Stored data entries
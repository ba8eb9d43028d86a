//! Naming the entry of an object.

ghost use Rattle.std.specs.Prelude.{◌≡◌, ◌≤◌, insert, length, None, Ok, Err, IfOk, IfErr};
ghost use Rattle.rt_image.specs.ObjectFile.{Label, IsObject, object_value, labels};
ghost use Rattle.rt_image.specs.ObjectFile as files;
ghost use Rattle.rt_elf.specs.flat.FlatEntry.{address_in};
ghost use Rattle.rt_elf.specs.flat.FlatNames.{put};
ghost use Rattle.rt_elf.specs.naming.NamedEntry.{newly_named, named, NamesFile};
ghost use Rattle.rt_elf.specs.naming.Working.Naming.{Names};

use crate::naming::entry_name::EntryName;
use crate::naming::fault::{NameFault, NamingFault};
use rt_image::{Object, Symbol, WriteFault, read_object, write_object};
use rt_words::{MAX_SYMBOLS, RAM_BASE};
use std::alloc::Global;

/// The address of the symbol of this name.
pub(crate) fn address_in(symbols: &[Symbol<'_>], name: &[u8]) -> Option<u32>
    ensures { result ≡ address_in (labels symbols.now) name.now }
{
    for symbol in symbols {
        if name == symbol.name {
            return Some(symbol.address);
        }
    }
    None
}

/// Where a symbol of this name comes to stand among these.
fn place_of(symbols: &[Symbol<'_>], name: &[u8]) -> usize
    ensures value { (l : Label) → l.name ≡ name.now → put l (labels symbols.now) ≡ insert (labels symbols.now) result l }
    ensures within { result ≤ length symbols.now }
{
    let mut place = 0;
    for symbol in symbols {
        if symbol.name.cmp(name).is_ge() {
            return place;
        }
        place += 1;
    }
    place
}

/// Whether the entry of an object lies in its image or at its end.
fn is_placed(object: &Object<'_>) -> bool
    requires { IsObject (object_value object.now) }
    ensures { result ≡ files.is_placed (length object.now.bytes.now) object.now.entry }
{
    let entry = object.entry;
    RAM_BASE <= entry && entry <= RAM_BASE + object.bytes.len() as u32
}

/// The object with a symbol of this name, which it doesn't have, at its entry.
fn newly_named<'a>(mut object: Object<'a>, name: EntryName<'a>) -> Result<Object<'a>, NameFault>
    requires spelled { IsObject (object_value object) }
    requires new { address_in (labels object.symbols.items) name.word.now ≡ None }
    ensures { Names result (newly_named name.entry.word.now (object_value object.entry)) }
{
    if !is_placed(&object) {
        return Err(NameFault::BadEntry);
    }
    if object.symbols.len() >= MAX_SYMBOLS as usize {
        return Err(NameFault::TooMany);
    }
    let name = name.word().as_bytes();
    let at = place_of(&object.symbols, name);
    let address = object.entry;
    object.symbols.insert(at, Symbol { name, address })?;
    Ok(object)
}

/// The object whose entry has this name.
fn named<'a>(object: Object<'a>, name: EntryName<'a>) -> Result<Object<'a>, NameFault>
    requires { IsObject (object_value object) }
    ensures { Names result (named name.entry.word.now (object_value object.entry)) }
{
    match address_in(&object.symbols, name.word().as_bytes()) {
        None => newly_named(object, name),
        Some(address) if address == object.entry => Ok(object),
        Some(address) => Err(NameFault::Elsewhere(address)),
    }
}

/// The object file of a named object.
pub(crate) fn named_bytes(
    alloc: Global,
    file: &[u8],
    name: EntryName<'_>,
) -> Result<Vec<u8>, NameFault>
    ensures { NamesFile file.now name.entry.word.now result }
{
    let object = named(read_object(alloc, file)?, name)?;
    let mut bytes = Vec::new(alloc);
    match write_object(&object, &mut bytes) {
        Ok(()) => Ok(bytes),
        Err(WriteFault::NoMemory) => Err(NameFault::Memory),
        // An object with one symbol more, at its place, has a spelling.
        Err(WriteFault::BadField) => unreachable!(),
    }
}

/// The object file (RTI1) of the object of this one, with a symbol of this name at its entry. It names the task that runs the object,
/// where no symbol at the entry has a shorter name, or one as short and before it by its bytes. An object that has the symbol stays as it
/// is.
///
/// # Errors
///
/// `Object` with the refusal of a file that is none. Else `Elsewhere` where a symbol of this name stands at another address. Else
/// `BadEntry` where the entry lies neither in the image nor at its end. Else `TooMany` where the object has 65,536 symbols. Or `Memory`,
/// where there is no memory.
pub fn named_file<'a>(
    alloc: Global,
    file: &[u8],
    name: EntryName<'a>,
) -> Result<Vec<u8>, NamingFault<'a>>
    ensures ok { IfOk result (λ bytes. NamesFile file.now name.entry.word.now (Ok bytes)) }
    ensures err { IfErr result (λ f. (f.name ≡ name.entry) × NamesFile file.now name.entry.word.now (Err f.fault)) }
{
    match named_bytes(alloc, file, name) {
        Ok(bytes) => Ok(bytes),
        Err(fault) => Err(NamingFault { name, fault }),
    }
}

### [To do]
For this exercise, all the data must be repeated exactly.

### [Response area]
repository ba8eb9d43028d86a
//! Naming the entry of an object.

ghost use Rattle.std.specs.Prelude.{◌≡◌, ◌≤◌, insert, length, None, Ok, Err, IfOk, IfErr};
ghost use Rattle.rt_image.specs.ObjectFile.{Label, IsObject, object_value, labels};
ghost use Rattle.rt_image.specs.ObjectFile as files;
ghost use Rattle.rt_elf.specs.flat.FlatEntry.{address_in};
ghost use Rattle.rt_elf.specs.flat.FlatNames.{put};
ghost use Rattle.rt_elf.specs.naming.NamedEntry.{newly_named, named, NamesFile};
ghost use Rattle.rt_elf.specs.naming.Working.Naming.{Names};

use crate::naming::entry_name::EntryName;
use crate::naming::fault::{NameFault, NamingFault};
use rt_image::{Object, Symbol, WriteFault, read_object, write_object};
use rt_words::{MAX_SYMBOLS, RAM_BASE};
use std::alloc::Global;

/// The address of the symbol of this name.
pub(crate) fn address_in(symbols: &[Symbol<'_>], name: &[u8]) -> Option<u32>
    ensures { result ≡ address_in (labels symbols.now) name.now }
{
    for symbol in symbols {
        if name == symbol.name {
            return Some(symbol.address);
        }
    }
    None
}

/// Where a symbol of this name comes to stand among these.
fn place_of(symbols: &[Symbol<'_>], name: &[u8]) -> usize
    ensures value { (l : Label) → l.name ≡ name.now → put l (labels symbols.now) ≡ insert (labels symbols.now) result l }
    ensures within { result ≤ length symbols.now }
{
    let mut place = 0;
    for symbol in symbols {
        if symbol.name.cmp(name).is_ge() {
            return place;
        }
        place += 1;
    }
    place
}

/// Whether the entry of an object lies in its image or at its end.
fn is_placed(object: &Object<'_>) -> bool
    requires { IsObject (object_value object.now) }
    ensures { result ≡ files.is_placed (length object.now.bytes.now) object.now.entry }
{
    let entry = object.entry;
    RAM_BASE <= entry && entry <= RAM_BASE + object.bytes.len() as u32
}

/// The object with a symbol of this name, which it doesn't have, at its entry.
fn newly_named<'a>(mut object: Object<'a>, name: EntryName<'a>) -> Result<Object<'a>, NameFault>
    requires spelled { IsObject (object_value object) }
    requires new { address_in (labels object.symbols.items) name.word.now ≡ None }
    ensures { Names result (newly_named name.entry.word.now (object_value object.entry)) }
{
    if !is_placed(&object) {
        return Err(NameFault::BadEntry);
    }
    if object.symbols.len() >= MAX_SYMBOLS as usize {
        return Err(NameFault::TooMany);
    }
    let name = name.word().as_bytes();
    let at = place_of(&object.symbols, name);
    let address = object.entry;
    object.symbols.insert(at, Symbol { name, address })?;
    Ok(object)
}

/// The object whose entry has this name.
fn named<'a>(object: Object<'a>, name: EntryName<'a>) -> Result<Object<'a>, NameFault>
    requires { IsObject (object_value object) }
    ensures { Names result (named name.entry.word.now (object_value object.entry)) }
{
    match address_in(&object.symbols, name.word().as_bytes()) {
        None => newly_named(object, name),
        Some(address) if address == object.entry => Ok(object),
        Some(address) => Err(NameFault::Elsewhere(address)),
    }
}

/// The object file of a named object.
pub(crate) fn named_bytes(
    alloc: Global,
    file: &[u8],
    name: EntryName<'_>,
) -> Result<Vec<u8>, NameFault>
    ensures { NamesFile file.now name.entry.word.now result }
{
    let object = named(read_object(alloc, file)?, name)?;
    let mut bytes = Vec::new(alloc);
    match write_object(&object, &mut bytes) {
        Ok(()) => Ok(bytes),
        Err(WriteFault::NoMemory) => Err(NameFault::Memory),
        // An object with one symbol more, at its place, has a spelling.
        Err(WriteFault::BadField) => unreachable!(),
    }
}

/// The object file (RTI1) of the object of this one, with a symbol of this name at its entry. It names the task that runs the object,
/// where no symbol at the entry has a shorter name, or one as short and before it by its bytes. An object that has the symbol stays as it
/// is.
///
/// # Errors
///
/// `Object` with the refusal of a file that is none. Else `Elsewhere` where a symbol of this name stands at another address. Else
/// `BadEntry` where the entry lies neither in the image nor at its end. Else `TooMany` where the object has 65,536 symbols. Or `Memory`,
/// where there is no memory.
pub fn named_file<'a>(
    alloc: Global,
    file: &[u8],
    name: EntryName<'a>,
) -> Result<Vec<u8>, NamingFault<'a>>
    ensures ok { IfOk result (λ bytes. NamesFile file.now name.entry.word.now (Ok bytes)) }
    ensures err { IfErr result (λ f. (f.name ≡ name.entry) × NamesFile file.now name.entry.word.now (Err f.fault)) }
{
    match named_bytes(alloc, file, name) {
        Ok(bytes) => Ok(bytes),
        Err(fault) => Err(NamingFault { name, fault }),
    }
}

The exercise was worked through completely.